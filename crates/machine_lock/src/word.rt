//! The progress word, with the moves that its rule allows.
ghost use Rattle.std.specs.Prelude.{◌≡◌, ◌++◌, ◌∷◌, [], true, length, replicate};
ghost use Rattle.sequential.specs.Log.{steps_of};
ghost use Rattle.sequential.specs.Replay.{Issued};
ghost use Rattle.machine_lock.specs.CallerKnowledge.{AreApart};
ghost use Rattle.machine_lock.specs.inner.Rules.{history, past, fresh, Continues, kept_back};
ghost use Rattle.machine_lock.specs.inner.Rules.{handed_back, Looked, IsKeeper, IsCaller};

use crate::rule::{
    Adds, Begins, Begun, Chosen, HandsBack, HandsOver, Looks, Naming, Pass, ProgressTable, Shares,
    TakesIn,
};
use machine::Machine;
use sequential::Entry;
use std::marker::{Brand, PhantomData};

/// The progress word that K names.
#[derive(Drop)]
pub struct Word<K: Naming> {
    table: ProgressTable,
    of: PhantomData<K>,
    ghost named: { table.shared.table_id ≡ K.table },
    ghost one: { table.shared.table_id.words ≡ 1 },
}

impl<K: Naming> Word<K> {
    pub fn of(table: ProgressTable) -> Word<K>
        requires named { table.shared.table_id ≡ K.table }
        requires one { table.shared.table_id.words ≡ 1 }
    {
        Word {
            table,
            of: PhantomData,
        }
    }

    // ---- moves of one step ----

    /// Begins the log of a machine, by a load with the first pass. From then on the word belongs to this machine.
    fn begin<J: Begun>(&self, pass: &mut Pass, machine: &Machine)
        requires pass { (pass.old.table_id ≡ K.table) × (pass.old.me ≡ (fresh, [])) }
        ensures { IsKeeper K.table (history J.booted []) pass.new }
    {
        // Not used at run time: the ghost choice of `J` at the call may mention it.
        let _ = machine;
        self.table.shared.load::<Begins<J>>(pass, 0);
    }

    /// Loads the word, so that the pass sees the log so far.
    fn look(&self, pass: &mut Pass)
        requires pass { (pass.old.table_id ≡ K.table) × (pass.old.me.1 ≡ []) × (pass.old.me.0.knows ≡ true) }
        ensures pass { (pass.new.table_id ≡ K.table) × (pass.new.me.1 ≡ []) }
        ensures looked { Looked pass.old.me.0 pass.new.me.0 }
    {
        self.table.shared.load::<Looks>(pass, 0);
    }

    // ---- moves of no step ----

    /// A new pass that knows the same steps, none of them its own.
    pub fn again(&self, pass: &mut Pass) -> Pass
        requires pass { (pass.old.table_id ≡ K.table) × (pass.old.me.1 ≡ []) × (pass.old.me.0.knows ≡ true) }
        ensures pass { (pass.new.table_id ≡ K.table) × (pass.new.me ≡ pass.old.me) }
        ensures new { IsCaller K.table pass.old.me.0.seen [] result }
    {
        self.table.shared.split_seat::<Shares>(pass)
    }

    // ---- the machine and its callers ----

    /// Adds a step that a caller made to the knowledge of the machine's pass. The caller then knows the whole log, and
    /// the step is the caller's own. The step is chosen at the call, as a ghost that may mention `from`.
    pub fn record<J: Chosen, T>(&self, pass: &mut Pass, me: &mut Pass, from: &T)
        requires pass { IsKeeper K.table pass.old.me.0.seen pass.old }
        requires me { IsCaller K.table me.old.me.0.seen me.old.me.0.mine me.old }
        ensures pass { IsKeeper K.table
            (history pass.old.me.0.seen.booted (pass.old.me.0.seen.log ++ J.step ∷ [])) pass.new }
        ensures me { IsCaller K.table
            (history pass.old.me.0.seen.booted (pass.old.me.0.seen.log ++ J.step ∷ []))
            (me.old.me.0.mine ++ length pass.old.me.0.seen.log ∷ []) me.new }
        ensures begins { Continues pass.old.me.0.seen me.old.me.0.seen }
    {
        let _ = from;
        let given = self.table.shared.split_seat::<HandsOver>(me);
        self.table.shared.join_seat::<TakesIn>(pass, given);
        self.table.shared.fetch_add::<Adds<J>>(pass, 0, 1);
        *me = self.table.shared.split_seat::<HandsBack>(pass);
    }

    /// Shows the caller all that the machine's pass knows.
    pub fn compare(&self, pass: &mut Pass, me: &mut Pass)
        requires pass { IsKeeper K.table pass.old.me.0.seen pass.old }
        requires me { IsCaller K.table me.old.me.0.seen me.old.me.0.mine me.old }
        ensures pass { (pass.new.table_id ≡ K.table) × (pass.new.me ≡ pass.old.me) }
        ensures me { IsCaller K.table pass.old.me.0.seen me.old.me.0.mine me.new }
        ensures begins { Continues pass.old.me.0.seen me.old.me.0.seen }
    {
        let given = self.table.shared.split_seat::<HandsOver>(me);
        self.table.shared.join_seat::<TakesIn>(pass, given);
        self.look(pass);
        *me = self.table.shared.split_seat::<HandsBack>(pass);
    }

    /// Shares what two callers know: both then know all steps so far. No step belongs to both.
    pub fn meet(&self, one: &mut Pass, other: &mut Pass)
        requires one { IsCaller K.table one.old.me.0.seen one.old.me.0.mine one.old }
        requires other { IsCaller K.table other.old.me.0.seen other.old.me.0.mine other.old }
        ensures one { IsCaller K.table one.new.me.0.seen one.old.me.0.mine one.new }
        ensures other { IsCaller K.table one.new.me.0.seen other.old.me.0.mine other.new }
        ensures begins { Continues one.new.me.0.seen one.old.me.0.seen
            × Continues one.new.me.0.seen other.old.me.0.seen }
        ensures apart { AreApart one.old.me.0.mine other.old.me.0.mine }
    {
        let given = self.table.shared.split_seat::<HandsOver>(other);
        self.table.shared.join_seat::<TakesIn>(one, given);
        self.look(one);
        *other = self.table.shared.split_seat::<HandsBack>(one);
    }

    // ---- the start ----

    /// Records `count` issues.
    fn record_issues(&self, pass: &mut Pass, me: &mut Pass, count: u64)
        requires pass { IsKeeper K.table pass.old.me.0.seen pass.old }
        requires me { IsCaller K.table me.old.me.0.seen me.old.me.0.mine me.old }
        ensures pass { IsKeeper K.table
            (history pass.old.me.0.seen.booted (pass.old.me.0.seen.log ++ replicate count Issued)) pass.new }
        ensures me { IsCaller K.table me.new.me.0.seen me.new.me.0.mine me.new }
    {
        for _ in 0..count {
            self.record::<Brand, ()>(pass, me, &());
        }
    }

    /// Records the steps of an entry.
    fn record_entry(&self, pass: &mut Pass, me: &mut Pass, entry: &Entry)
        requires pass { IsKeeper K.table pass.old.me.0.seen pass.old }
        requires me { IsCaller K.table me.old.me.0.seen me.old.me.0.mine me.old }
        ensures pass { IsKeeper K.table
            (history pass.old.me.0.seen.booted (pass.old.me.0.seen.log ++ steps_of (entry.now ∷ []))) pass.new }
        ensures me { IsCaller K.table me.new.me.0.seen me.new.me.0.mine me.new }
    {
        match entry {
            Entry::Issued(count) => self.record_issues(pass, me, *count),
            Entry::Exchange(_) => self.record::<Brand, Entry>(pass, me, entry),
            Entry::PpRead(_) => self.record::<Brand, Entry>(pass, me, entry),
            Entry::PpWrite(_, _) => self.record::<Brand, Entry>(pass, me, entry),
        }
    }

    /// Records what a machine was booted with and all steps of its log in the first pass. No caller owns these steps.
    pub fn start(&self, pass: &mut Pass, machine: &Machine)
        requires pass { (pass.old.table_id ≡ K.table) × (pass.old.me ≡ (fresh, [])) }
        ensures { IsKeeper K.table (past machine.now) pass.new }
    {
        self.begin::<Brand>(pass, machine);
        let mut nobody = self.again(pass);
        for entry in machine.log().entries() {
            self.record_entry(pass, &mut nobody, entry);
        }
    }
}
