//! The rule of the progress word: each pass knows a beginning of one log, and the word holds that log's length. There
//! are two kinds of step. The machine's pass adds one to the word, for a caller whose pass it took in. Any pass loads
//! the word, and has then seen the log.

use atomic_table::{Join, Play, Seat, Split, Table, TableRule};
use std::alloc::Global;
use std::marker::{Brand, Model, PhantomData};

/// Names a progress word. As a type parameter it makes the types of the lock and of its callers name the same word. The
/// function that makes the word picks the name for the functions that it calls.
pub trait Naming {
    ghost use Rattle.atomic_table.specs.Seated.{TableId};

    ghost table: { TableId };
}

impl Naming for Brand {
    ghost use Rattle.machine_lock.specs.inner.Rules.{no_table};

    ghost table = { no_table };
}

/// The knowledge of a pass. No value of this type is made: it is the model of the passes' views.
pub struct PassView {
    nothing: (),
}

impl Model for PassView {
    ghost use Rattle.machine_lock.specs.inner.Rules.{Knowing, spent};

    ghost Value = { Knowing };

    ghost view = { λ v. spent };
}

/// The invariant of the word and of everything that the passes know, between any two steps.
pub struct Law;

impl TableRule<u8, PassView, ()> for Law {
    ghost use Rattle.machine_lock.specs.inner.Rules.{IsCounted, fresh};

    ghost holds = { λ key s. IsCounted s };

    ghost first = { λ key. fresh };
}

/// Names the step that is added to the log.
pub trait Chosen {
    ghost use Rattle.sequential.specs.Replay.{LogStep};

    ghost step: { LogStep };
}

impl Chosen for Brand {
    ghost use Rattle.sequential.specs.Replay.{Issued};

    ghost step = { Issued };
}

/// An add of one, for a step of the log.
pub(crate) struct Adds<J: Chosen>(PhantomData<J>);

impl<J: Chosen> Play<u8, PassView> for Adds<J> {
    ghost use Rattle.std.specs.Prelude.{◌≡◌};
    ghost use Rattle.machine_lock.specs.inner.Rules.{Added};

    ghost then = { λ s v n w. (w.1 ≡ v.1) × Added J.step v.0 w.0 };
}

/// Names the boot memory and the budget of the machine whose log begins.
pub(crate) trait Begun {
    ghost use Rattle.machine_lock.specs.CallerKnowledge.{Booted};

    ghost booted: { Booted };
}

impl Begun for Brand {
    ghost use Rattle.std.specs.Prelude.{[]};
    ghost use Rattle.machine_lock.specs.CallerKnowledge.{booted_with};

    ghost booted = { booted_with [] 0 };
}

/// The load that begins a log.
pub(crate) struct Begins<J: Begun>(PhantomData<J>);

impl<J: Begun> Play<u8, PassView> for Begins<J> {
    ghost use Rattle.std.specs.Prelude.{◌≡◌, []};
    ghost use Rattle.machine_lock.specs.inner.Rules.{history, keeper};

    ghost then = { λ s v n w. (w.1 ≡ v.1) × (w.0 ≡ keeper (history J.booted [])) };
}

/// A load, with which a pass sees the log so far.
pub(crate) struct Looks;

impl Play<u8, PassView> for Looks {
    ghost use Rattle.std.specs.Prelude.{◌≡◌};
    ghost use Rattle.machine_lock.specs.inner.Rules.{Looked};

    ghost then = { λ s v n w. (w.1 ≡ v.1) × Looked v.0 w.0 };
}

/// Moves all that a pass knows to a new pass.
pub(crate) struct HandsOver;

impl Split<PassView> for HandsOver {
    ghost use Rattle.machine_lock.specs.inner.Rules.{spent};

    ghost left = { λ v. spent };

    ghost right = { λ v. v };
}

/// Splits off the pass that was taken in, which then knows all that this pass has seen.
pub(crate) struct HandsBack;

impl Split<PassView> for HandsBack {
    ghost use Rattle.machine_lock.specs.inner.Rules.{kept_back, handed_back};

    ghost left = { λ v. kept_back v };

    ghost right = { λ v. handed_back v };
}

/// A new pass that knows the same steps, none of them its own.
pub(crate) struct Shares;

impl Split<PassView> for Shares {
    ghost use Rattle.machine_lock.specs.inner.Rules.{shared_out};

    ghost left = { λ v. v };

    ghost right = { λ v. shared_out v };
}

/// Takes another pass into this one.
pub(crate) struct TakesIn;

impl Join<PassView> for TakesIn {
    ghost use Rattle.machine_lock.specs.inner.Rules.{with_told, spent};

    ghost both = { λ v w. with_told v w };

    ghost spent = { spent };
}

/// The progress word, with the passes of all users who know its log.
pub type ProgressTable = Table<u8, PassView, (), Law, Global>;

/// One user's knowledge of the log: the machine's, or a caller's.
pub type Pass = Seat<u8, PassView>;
+===+
▸ **Exercise**: Return every line from the entries above that contains the word "again".

▸ **Answer space**:
    pub fn again(&self, pass: &mut Pass) -> Pass
        let mut nobody = self.again(pass);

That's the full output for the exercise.